除了這些用於系統或模擬創建的工具之外,還有許多其他程式設計環境可用於快速原型設計。許多設計師喜歡使用 JavaScript、Python 和完整的遊戲開發工具如 Unity 來創建快速且不注重美觀(重點不在於藝術)的原型,以測試他們的系統設計。使用這些工具的關鍵在於將它們作為達成目標的手段:你想要測試你的想法,從概念性的循環系統圖轉變為可以快速檢視、測試和改進的工作原型。

Challenges

Two major challenge with any of these tools are how complex or complete you can make an interactive system on one hand and the time it takes to learn and use them on the other.
這些工具的兩大挑戰在於,一方面是你能夠製作多麼複雜或完整的互動系統,另一方面則是學習和使用它們所需的時間。

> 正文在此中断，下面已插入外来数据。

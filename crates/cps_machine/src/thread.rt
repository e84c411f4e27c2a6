//! A green thread that runs a script, or a branch of a `parallel`.

ghost use Rattle.std.specs.Prelude.{◌≡◌, ℕ, false, List, None, length, map, true, IfOk};
ghost use Rattle.model_run.specs.World.{outcome_of};
ghost use Rattle.cps_frames.specs.Ways.{is_block_ending};
ghost use Rattle.cps_machine.specs.Threads.{EndsAsBlock, IsStop, beginning, first_move, seen, to_begin};

use crate::machine::{Stopped, lowest, run};
use cps_frames::{Move, Shared, ThreadState};
use green_threads::{NewBranch, Runner, Stop};
use model_run::{Answer, Asked, Branch, Branches, Callee, Context, Ending, Entry, Outcome};
use model_text::{Ids, Pairs, Texts};
use model_values::{Env, Value};
use script_thread::ScriptThread;
use std::alloc::{AllocError, Global};

/// The number of a build's first flow node.
const START_NODE: u32 = 2;

/// What a thread runs that has not begun.
#[derive(Drop)]
pub enum Start {
    /// The script.
    Script,
    /// The closure of a branch.
    Branch(Callee),
}

/// A green thread that runs a script, or a branch of a `parallel`.
#[derive(Drop)]
pub struct MachineThread {
    state: ThreadState,
    /// What it runs, where it has not begun.
    start: Option<Start>,
    /// How many of its frames, from the outermost on, of those that it had then, no move has taken off since it was marked,
    /// began or was restored, or more than there are.
    low: usize,
    /// Whether it took a turn since it was marked last or was restored, or has not been marked since it began.
    touched: bool,
}

impl MachineThread {
    /// A thread that has not begun, with nothing open. Its number and its parent are those that `seat` gives it.
    pub fn begin(alloc: Global, start: Start, head: u32, context: Context) -> MachineThread
        ensures { (name : List ℕ) → seen (record { name = name; thread = result }) ≡ beginning name start head context }
    {
        MachineThread {
            state: ThreadState {
                number: 0,
                parent: None,
                head,
                context,
                calls: 0,
                stack: Vec::new(alloc),
            },
            start: Some(start),
            low: 0,
            touched: true,
        }
    }

    /// The thread that waits inside these frames.
    pub fn restore(state: ThreadState) -> MachineThread
        ensures { result ≡ record { state = state; start = None; low = length state.stack.items; touched = false } }
    {
        let low = state.stack.len();
        MachineThread {
            state,
            start: None,
            low,
            touched: false,
        }
    }

    /// What it has between two turns.
    pub fn state(&self) -> &ThreadState
        ensures { result.now ≡ self.now.state }
    {
        &self.state
    }

    /// What it does first with an answer. Behind it the thread has begun.
    fn first_move(&mut self, alloc: Global, answer: Answer) -> Move
        ensures first { result ≡ first_move self.old answer }
        ensures begun { self.new ≡ record self.old { start = None } }
    {
        match self.start.take() {
            None => Move::Ends(Ending::Answered(answer)),
            Some(Start::Script) => Move::Enter(Entry::First, 0, Env::new(alloc)),
            Some(Start::Branch(callee)) => {
                Move::Enter(Entry::Branched(self.state.head), callee.node, callee.env)
            }
        }
    }

    /// How it stops, as other threads see it.
    fn stop(&self, alloc: Global, stopped: Stopped) -> Result<Stop<MachineThread>, AllocError>
        requires { EndsAsBlock stopped }
        ensures { IfOk result (λ stop. IsStop stopped stop self.now.state.context) }
    {
        match stopped {
            Stopped::Ended(ending) => Ok(Stop::Ended(outcome_of(ending))),
            Stopped::Limit(limit) => Ok(Stop::Limit(limit)),
            Stopped::Waits(Asked::ForRequest(request)) => Ok(Stop::Waits(request)),
            Stopped::Waits(Asked::ForBranches(branches)) => {
                let threads = threads_of(alloc, &self.state.context, branches)?;
                Ok(Stop::Forks(threads))
            }
        }
    }
}

impl Runner for MachineThread {
    ghost use Rattle.settle_laws.specs.Stances.{Turns};
    ghost use Rattle.cps_frames.specs.Standing.{common_of, setting_of};
    ghost use Rattle.thread_fits.specs.Seats.{Fits, nodes_left};
    ghost use Rattle.std.specs.Prelude.{refl};
    ghost use Rattle.cps_machine.specs.Threads.{IsTurn, is_branch, marked, seated, stance_of};

    type Shared = Shared;

    ghost number = { λ t. t.state.number };

    ghost parent = { λ t. t.state.parent };

    ghost branch = { is_branch };

    ghost head = { λ t. t.state.head };

    ghost seated = { seated };

    ghost marked = { marked };

    ghost room = { nodes_left };

    ghost fits = { Fits stance_of };

    // from what it does first with the answer to where it stops, also where it stands for no thread of the definitions; and
    // as each thread does that it stands for
    ghost turns = { λ t u x stopped t' u'. IsTurn t u x stopped t' u' × Turns stance_of common_of setting_of t u x stopped t' u' };

    fn head(&self) -> u32 {
        self.state.head
    }

    fn seat(&mut self, at: u32, under: Option<u32>) {
        self.state.number = at;
        self.state.parent = under;
    }

    fn mark(&mut self) {
        self.low = self.state.stack.len();
        self.touched = false;
    }

    ghost marked_seat = { λ t. record { number_same = refl; parent_same = refl; branch_same = refl } };

    fn resume(
        &mut self,
        shared: &mut Shared,
        answer: Answer,
    ) -> Result<Stop<MachineThread>, AllocError> {
        let alloc = shared.alloc();
        let first = self.first_move(alloc, answer);
        self.touched = true;
        self.low = lowest(&self.state, self.low);
        let stopped = run(&mut self.state, &mut self.low, shared, first)?;
        let stop = self.stop(alloc, stopped)?;
        Ok(stop)
    }
}

impl ScriptThread for MachineThread {
    ghost use Rattle.std.specs.Prelude.{map, refl};
    ghost use Rattle.green_threads.specs.Threads.{marked_in};
    ghost use Rattle.model_run.proofs.RequestLaws.{asks_go_on};
    ghost use Rattle.cps_frames.specs.Standing.{common_of};
    ghost use Rattle.thread_fits.specs.Seats.{Fits};
    ghost use Rattle.thread_fits.proofs.BeginLaws.{script_fits};
    ghost use Rattle.thread_fits.proofs.EventLaws.{awaited_there, event_fits};
    ghost use Rattle.thread_fits.proofs.MarkLaws.{marked_fits, marked_threads_fit};
    ghost use Rattle.thread_fits.proofs.SeatLaws.{heads_stand};
    ghost use Rattle.cps_machine.specs.Threads.{marked, seated, stance_of};

    ghost stance = { stance_of };

    ghost low = { λ t. t.low };

    fn low(&self) -> usize {
        self.low
    }

    ghost touched = { λ t. t.touched };

    fn is_touched(&self) -> bool {
        self.touched
    }

    fn script(alloc: Global) -> Result<MachineThread, AllocError> {
        let outside = Context {
            held: Ids::new(alloc),
            folders: Texts::new(alloc),
            env: Pairs::new(alloc),
        };
        Ok(MachineThread::begin(alloc, Start::Script, START_NODE, outside))
    }

    ghost head_is = { λ t. refl };

    ghost seated_is = { λ t n p. refl };

    ghost turned = { λ t u x stopped t' u' turns. turns.1 };

    ghost marks = { λ t u x stopped t' u' turns. record { cells = turns.0.runs.onward.beside.heap; nodes = turns.0.runs.leaves.follows.later.nodes; log = turns.0.runs.leaves.follows.log; binding = turns.0.runs.leaves.follows.binding; requests = asks_go_on (common_of u) (common_of u') turns.0.runs.leaves.follows.asks } };

    ghost stays = { λ t u x stopped t' u' turns. turns.0.stays };

    ghost touches = { λ t u x stopped t' u' turns. turns.0.touched };

    ghost marked_is = { λ t. refl };

    ghost room_is = { λ u. refl };

    ghost begun_fits = { λ t u e alone begun. script_fits stance_of (seated t 0 None) u e begun };

    ghost marked_fits = { λ xs u fit. marked_fits stance_of (map (marked_in marked) xs) u (marked_threads_fit stance_of marked xs u fit) };

    ghost shared_fits = { λ xs u fit. fit.shared };

    ghost heads_stand = { heads_stand stance_of };

    ghost awaited = { awaited_there stance_of };

    ghost event_fits = { event_fits stance_of };
}

/// What a thread has ended with: a value, or what it has thrown. Behind a `break` or a `continue` that is in no loop it is null.
fn outcome_of(ending: Ending) -> Outcome
    requires { is_block_ending ending ≡ true }
    ensures { result ≡ outcome_of ending }
{
    match ending {
        Ending::Thrown(cell) => Outcome::Thrown(cell),
        Ending::Normal(value) | Ending::Returned(value) => Outcome::Value(value),
        Ending::Broke | Ending::Continued => Outcome::Value(Value::Null),
        Ending::Declared(_) | Ending::Answered(_) => unreachable!(),
    }
}

/// The same context once more. `AllocError` where the memory was refused.
pub(crate) fn copied(context: &Context) -> Result<Context, AllocError>
    ensures { IfOk result (λ copy. copy ≡ context.now) }
{
    let copy = context.clone()?;
    Ok(copy)
}

/// The threads of branches, in their order.
fn threads_of(
    alloc: Global,
    context: &Context,
    branches: Branches,
) -> Result<green_threads::Branches<MachineThread>, AllocError>
    ensures { IfOk result (λ threads. map seen threads ≡ map (to_begin context.now) branches) }
{
    let mut threads = green_threads::Branches::new(alloc);
    for branch in branches.into_vec() {
        let Branch {
            name,
            closure,
            env,
            head,
        } = branch;
        let start = Start::Branch(Callee { node: closure, env });
        let thread = MachineThread::begin(alloc, start, head, copied(context)?);
        threads.push(NewBranch { name, thread })?;
    }
    Ok(threads)
}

A whiteboard is easy to use, and you can draw any system you like on it. On the other hand, you have to use your own brain as the computer to make it come to life—and humans are notoriously fallible when it comes to maintaining an accurate understanding of a dynamic system’s behavior. Machinations includes more detailed operators, including user input ones, than does Loopy, but while both are relatively easy to learn and use, neither allows the creation of systems containing subsystems (at all in Loopy’s case, and in any modular, usable form with Machinations). NetLogo is more advanced in its capabilities and can be used to create full game systems for simple games, but it has a longer learning curve and is not as rapid in iterative prototyping as the simpler tools.
白板使用起來很簡單,你可以在上面畫出任何你喜歡的系統。然而,你必須用自己的大腦作為電腦來使其栩栩如生,而人類在維持對動態系統行為的準確理解方面是出了名的不可靠。Machinations 包含比 Loopy 更詳細的操作員,包括用戶輸入的操作員,但雖然兩者都相對容易學習和使用,卻都不允許創建包含子系統的系統(在 Loopy 的情況下完全不行,而在 Machinations 中則無法以任何模組化、可用的形式實現)。NetLogo 在功能上更為先進,可以用來創建簡單遊戲的完整遊戲系統,但它的學習曲線較長,並且在迭代原型設計方面不如較簡單的工具快速。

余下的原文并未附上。